Note: The fine folks at The Hockey News didn't really have a spot for this and posted a shorter version online but I still think the original deserves some blogspace.
Booze, babes, beefcake and ball hockey is a recipe that tends to cook up a frat boy’s fantasy weekend, not a kettle full of controversy. That’s exactly what Montreal Canadiens enforcer Georges Laraque brought to the front burner of Gary Bettman’s already over-heated stove thanks to the forward flashing his smile in an online ad for an alcohol-laced energy drink.
Seeing how I was the lone female at THN’s morning meeting – the other women were busy running the joint – the boss asked me to weigh in on the situation.
Watching youtube and well-built men in shorts as part of my living is a tough job, but it’s one in a long line of sacrifices THN readers deserve, so I hunkered down into my cubicle to do some serious research.
Serious? Who am I kidding? From the opening shot of a McMansion, followed by women jiggling down the road this was so cheesy I was wiping Velveeta (processed cheese food spread?) off my monitor, along with some drool courtesy of the boys in the intern pit. The whole production screamed ‘parody’ and while I didn’t delight in the display of nubile vixens, found this an entertaining way to waste a minute of my life for the sake of my employer.
I’ve spent most of my adult life working with men, and spent my childhood more apt to trading hockey cards and playing Lego with the boys on the block than picking out Barbie’s next outfit. No doubt that has skewed my sexism meter a bit differently than some of my female friends.
Women needing a husband’s signature to open bank accounts. Single women making more than men with families but unable to get mortgages. Women being paid less for the same job because ‘he has a family to support.’ Those situations were not uncommon during my childhood..
This tempest in an NHL teapot isn’t worth burning any bras, unlike the situations listed above, especially not when good ones are so expensive.
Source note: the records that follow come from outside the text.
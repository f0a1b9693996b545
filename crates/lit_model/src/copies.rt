//! Copies of entries.
//! Definitions: specs/Work.antt, specs/Source.antt, specs/Person.antt.

ghost use Rattle.std.specs.Prelude.{◌≡◌, ◌∷◌, ◌++◌, [], map, option_map, IfOk, OnOk};
ghost use Rattle.lit_model.specs.Entry.{parents_of};
ghost use Rattle.lit_model.specs.MaybeTyped.{maybe_view};
ghost use Rattle.lit_model.specs.Numeric.{numeric_view};
ghost use Rattle.lit_model.specs.Page.{pages_view};
ghost use Rattle.lit_model.specs.Person.{person_view, role_group};
ghost use Rattle.lit_model.specs.Source.{press_of, address_of, serials, language_of};
ghost use Rattle.lit_model.specs.Work.{own_of, works};

use crate::entry::Entry;
use crate::maybe_typed::MaybeTyped;
use crate::numeric::Numeric;
use crate::page::PageRanges;
use crate::person::{Person, PersonsWithRoles, copy_groups, copy_persons};
use crate::source::{LanguageIdentifier, Publisher, QualifiedUrl, SerialNumber};
use crate::text::copy_forms;
use csl_common::Memory;
use std::alloc::Global;

impl Entry {
    /// A copy, with copies of its parents.
    pub fn clone(&self, alloc: Global) -> Result<Entry, Memory>
        ensures { IfOk result (λ e. works e ≡ works self.now) }
    {
        let parents = self.copy_parents(alloc)?;
        let copy = self.copy_with_parents(parents, alloc)?;
        Ok(copy)
    }

    /// Copies of the parents. It recurses as deep as they are nested, so it keeps no copy in its
    /// own stack frame: [`Entry::push_copy`] builds each one.
    fn copy_parents(&self, alloc: Global) -> Result<Vec<Entry>, Memory>
        ensures { IfOk result
            (λ copies. map works copies.items ≡ map works (parents_of self.now)) }
    {
        let mut copies = Vec::with_capacity(alloc, self.parents.len())?;
        for parent in &self.parents {
            let above = parent.copy_parents(alloc)?;
            parent.push_copy(alloc, above, &mut copies)?;
        }
        Ok(copies)
    }

    /// Appends a copy of the entry to `copies`, given the copies of its parents.
    #[inline(never)]
    fn push_copy(
        &self,
        alloc: Global,
        above: Vec<Entry>,
        copies: &mut Vec<Entry>,
    ) -> Result<(), Memory>
        requires parents { map works above.items ≡ map works (parents_of self.now) }
        ensures ok { OnOk result
            (map works copies.new.items ≡ map works copies.old.items ++ works self.now ∷ []) }
    {
        let copy = self.copy_with_parents(above, alloc)?;
        copies.push(copy)?;
        Ok(())
    }

    /// A copy of the entry's own fields, with the given parents.
    fn copy_with_parents(&self, parents: Vec<Entry>, alloc: Global) -> Result<Entry, Memory>
        ensures own { IfOk result (λ e. own_of e ≡ own_of self.now) }
        ensures parents { IfOk result (λ e. parents_of e ≡ parents.items) }
    {
        let key = String::from_str(alloc, self.key.as_str())?;
        let title = copy_forms(&self.title, alloc)?;
        let authors = copy_creators(&self.authors, alloc)?;
        let editors = copy_creators(&self.editors, alloc)?;
        let url = copy_url(&self.url, alloc)?;
        let affiliated = copy_affiliated(&self.affiliated, alloc)?;
        let publisher = copy_publisher(&self.publisher, alloc)?;
        let location = copy_forms(&self.location, alloc)?;
        let organization = copy_forms(&self.organization, alloc)?;
        let issue = copy_number(&self.issue, alloc)?;
        let volume = copy_number(&self.volume, alloc)?;
        let edition = copy_number(&self.edition, alloc)?;
        let chapter = copy_number(&self.chapter, alloc)?;
        let volume_total = copy_total(&self.volume_total, alloc)?;
        let page_total = copy_total(&self.page_total, alloc)?;
        let page_range = copy_pages(&self.page_range, alloc)?;
        let runtime = copy_forms(&self.runtime, alloc)?;
        let serial_number = copy_serial(&self.serial_number, alloc)?;
        let language = copy_language(&self.language, alloc)?;
        let archive = copy_forms(&self.archive, alloc)?;
        let archive_location = copy_forms(&self.archive_location, alloc)?;
        let call_number = copy_forms(&self.call_number, alloc)?;
        let note = copy_forms(&self.note, alloc)?;
        let abstract_ = copy_forms(&self.abstract_, alloc)?;
        let genre = copy_forms(&self.genre, alloc)?;
        Ok(Entry {
            key,
            entry_type: self.entry_type,
            title,
            authors,
            editors,
            date: self.date,
            url,
            affiliated,
            publisher,
            location,
            organization,
            issue,
            volume,
            edition,
            chapter,
            volume_total,
            page_total,
            page_range,
            runtime,
            serial_number,
            language,
            archive,
            archive_location,
            call_number,
            note,
            abstract_,
            genre,
            parents,
        })
    }
}

fn copy_creators(value: &Option<Vec<Person>>, alloc: Global) -> Result<Option<Vec<Person>>, Memory>
    ensures { IfOk result (λ copy. option_map (λ v. map person_view v.items) copy
        ≡ option_map (λ v. map person_view v.items) value.now) }
{
    match value {
        None => Ok(None),
        Some(value) => {
            let copy = copy_persons(value, alloc)?;
            Ok(Some(copy))
        }
    }
}

fn copy_affiliated(
    value: &Option<Vec<PersonsWithRoles>>,
    alloc: Global,
) -> Result<Option<Vec<PersonsWithRoles>>, Memory>
    ensures { IfOk result (λ copy. option_map (λ v. map role_group v.items) copy
        ≡ option_map (λ v. map role_group v.items) value.now) }
{
    match value {
        None => Ok(None),
        Some(value) => {
            let copy = copy_groups(value, alloc)?;
            Ok(Some(copy))
        }
    }
}

fn copy_url(value: &Option<QualifiedUrl>, alloc: Global) -> Result<Option<QualifiedUrl>, Memory>
    ensures { IfOk result (λ copy. option_map address_of copy ≡ option_map address_of value.now) }
{
    match value {
        None => Ok(None),
        Some(value) => {
            let copy = value.clone(alloc)?;
            Ok(Some(copy))
        }
    }
}

fn copy_publisher(value: &Option<Publisher>, alloc: Global) -> Result<Option<Publisher>, Memory>
    ensures { IfOk result (λ copy. option_map press_of copy ≡ option_map press_of value.now) }
{
    match value {
        None => Ok(None),
        Some(value) => {
            let copy = value.clone(alloc)?;
            Ok(Some(copy))
        }
    }
}

fn copy_number(
    value: &Option<MaybeTyped<Numeric>>,
    alloc: Global,
) -> Result<Option<MaybeTyped<Numeric>>, Memory>
    ensures { IfOk result (λ copy. option_map (maybe_view numeric_view) copy
        ≡ option_map (maybe_view numeric_view) value.now) }
{
    match value {
        None => Ok(None),
        Some(value) => {
            let copy = value.clone(alloc)?;
            Ok(Some(copy))
        }
    }
}

fn copy_total(value: &Option<Numeric>, alloc: Global) -> Result<Option<Numeric>, Memory>
    ensures { IfOk result (λ copy. option_map numeric_view copy
        ≡ option_map numeric_view value.now) }
{
    match value {
        None => Ok(None),
        Some(value) => {
            let copy = value.clone(alloc)?;
            Ok(Some(copy))
        }
    }
}

fn copy_pages(
    value: &Option<MaybeTyped<PageRanges>>,
    alloc: Global,
) -> Result<Option<MaybeTyped<PageRanges>>, Memory>
    ensures { IfOk result (λ copy. option_map (maybe_view pages_view) copy
        ≡ option_map (maybe_view pages_view) value.now) }
{
    match value {
        None => Ok(None),
        Some(value) => {
            let copy = value.clone(alloc)?;
            Ok(Some(copy))
        }
    }
}

fn copy_serial(value: &Option<SerialNumber>, alloc: Global) -> Result<Option<SerialNumber>, Memory>
    ensures { IfOk result (λ copy. option_map serials copy ≡ option_map serials value.now) }
{
    match value {
        None => Ok(None),
        Some(value) => {
            let copy = value.clone(alloc)?;
            Ok(Some(copy))
        }
    }
}

fn copy_language(
    value: &Option<LanguageIdentifier>,
    alloc: Global,
) -> Result<Option<LanguageIdentifier>, Memory>
    ensures { IfOk result (λ copy. option_map language_of copy ≡ option_map language_of value.now) }
{
    match value {
        None => Ok(None),
        Some(value) => {
            let copy = value.clone(alloc)?;
            Ok(Some(copy))
        }
    }
}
Even through the visual assault of boobs and booty, I could clearly see this is a parody, sort of like what the NHL will be if it hands out much, if any punishment for Laraque’s involvement in the commercial.
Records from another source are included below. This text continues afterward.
//! The publisher, the web address, the serial numbers and the language of a work.

ghost use Rattle.std.specs.Prelude.{◌≡◌, [], codes, option_copied, IfOk, OnOk, OnErr};
ghost use Rattle.lit_model.specs.Source.{press_of, press_named, address_of, serials, serial, with_serial, language_of};

use crate::date::Date;
use crate::text::{FormatString, copy_forms, copy_text};
use csl_common::Memory;
use std::alloc::Global;
use std::collections::BTreeMap;
use url::Url;

/// The publisher of a work, and its place.
#[derive(PartialEq, Eq, Drop)]
pub struct Publisher {
    /// The name.
    pub name: Option<FormatString>,
    /// The place.
    pub location: Option<FormatString>,
}

/// A web address.
#[derive(PartialEq, Eq, Drop)]
pub struct QualifiedUrl {
    /// The address.
    pub value: Url,
    /// The date of the visit.
    pub visit_date: Option<Date>,
}

/// The serial numbers of a work, each under the name of its scheme, such as `doi`.
#[derive(PartialEq, Eq, Drop)]
pub struct SerialNumber(pub BTreeMap<String, String>);

/// A language, and a region where it is spoken (BCP 47).
#[derive(PartialEq, Eq, Drop)]
pub struct LanguageIdentifier {
    /// The language, such as `en`.
    pub language: String,
    /// The region, such as `US`.
    pub region: Option<String>,
}

impl SerialNumber {
    /// No numbers.
    pub fn new(alloc: Global) -> SerialNumber
        ensures { serials result ≡ [] }
    {
        SerialNumber(BTreeMap::new(alloc))
    }

    /// Sets the number under the name of a scheme. It replaces the number that the scheme had.
    ///
    /// # Errors
    /// [`Memory`]: out of memory. The numbers are unchanged.
    #[tactic(auto, using(crate::proofs::SerialsSet::serials_set))]
    pub fn set(&mut self, alloc: Global, scheme: &str, number: &str) -> Result<(), Memory>
        ensures ok { OnOk result (serials self.new
            ≡ with_serial scheme.now number.now (serials self.old)) }
        ensures err { OnErr result (serials self.new ≡ serials self.old) }
    {
        let scheme = String::from_str(alloc, scheme)?;
        let number = String::from_str(alloc, number)?;
        self.0.insert(scheme, number)?;
        Ok(())
    }

    /// The number under the name of a scheme, if there is one.
    pub fn get(&self, scheme: &str) -> Option<&str>
        ensures { option_copied result ≡ serial scheme.now self.now }
    {
        match self.0.get(scheme) {
            None => None,
            Some(number) => Some(number.as_str()),
        }
    }

    /// The digital object identifier.
    pub fn doi(&self) -> Option<&str>
        ensures { option_copied result ≡ serial (codes "doi") self.now }
    {
        self.get("doi")
    }

    /// The international standard book number.
    pub fn isbn(&self) -> Option<&str>
        ensures { option_copied result ≡ serial (codes "isbn") self.now }
    {
        self.get("isbn")
    }

    /// The international standard serial number.
    pub fn issn(&self) -> Option<&str>
        ensures { option_copied result ≡ serial (codes "issn") self.now }
    {
        self.get("issn")
    }

    /// The number in PubMed.
    pub fn pmid(&self) -> Option<&str>
        ensures { option_copied result ≡ serial (codes "pmid") self.now }
    {
        self.get("pmid")
    }

    /// The number in PubMed Central.
    pub fn pmcid(&self) -> Option<&str>
        ensures { option_copied result ≡ serial (codes "pmcid") self.now }
    {
        self.get("pmcid")
    }
}

impl Publisher {
    /// A publisher with only a name. The name is one text, without a short form.
    pub fn named(alloc: Global, name: &str) -> Result<Publisher, Memory>
        ensures { IfOk result (λ p. press_of p ≡ press_named name.now) }
    {
        let name = FormatString::plain(alloc, name)?;
        Ok(Publisher {
            name: Some(name),
            location: None,
        })
    }

    /// A copy.
    pub fn clone(&self, alloc: Global) -> Result<Publisher, Memory>
        ensures { IfOk result (λ p. press_of p ≡ press_of self.now) }
    {
        let name = copy_forms(&self.name, alloc)?;
        let location = copy_forms(&self.location, alloc)?;
        Ok(Publisher { name, location })
    }
}

impl QualifiedUrl {
    /// A copy.
    pub fn clone(&self, _alloc: Global) -> Result<QualifiedUrl, Memory>
        ensures { IfOk result (λ u. address_of u ≡ address_of self.now) }
    {
        let value = self.value.clone()?;
        Ok(QualifiedUrl {
            value,
            visit_date: self.visit_date,
        })
    }
}

impl SerialNumber {
    /// A copy.
    pub fn clone(&self, _alloc: Global) -> Result<SerialNumber, Memory>
        ensures { IfOk result (λ s. serials s ≡ serials self.now) }
    {
        let numbers = self.0.clone()?;
        Ok(SerialNumber(numbers))
    }
}

impl LanguageIdentifier {
    /// A copy.
    pub fn clone(&self, alloc: Global) -> Result<LanguageIdentifier, Memory>
        ensures { IfOk result (λ l. language_of l ≡ language_of self.now) }
    {
        let language = String::from_str(alloc, self.language.as_str())?;
        let region = copy_text(&self.region, alloc)?;
        Ok(LanguageIdentifier { language, region })
    }
}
Despite the gratuitous display of mammaries, it kept crossing my mind that the biggest boobs were those gullible Guses who would buy into the hoopla hook, line and snap shot. For those thinking ‘Me want booze, me want caffeine, me buy, bring on chicks’ I hate to break it to you, but it aint’ gonna’ happen.
The issue that demands a second look here, unlike the video, is the hypocrisy of the NHL banning players from appearing in alcohol ads while gleefully raking in the coin from concession stand bars.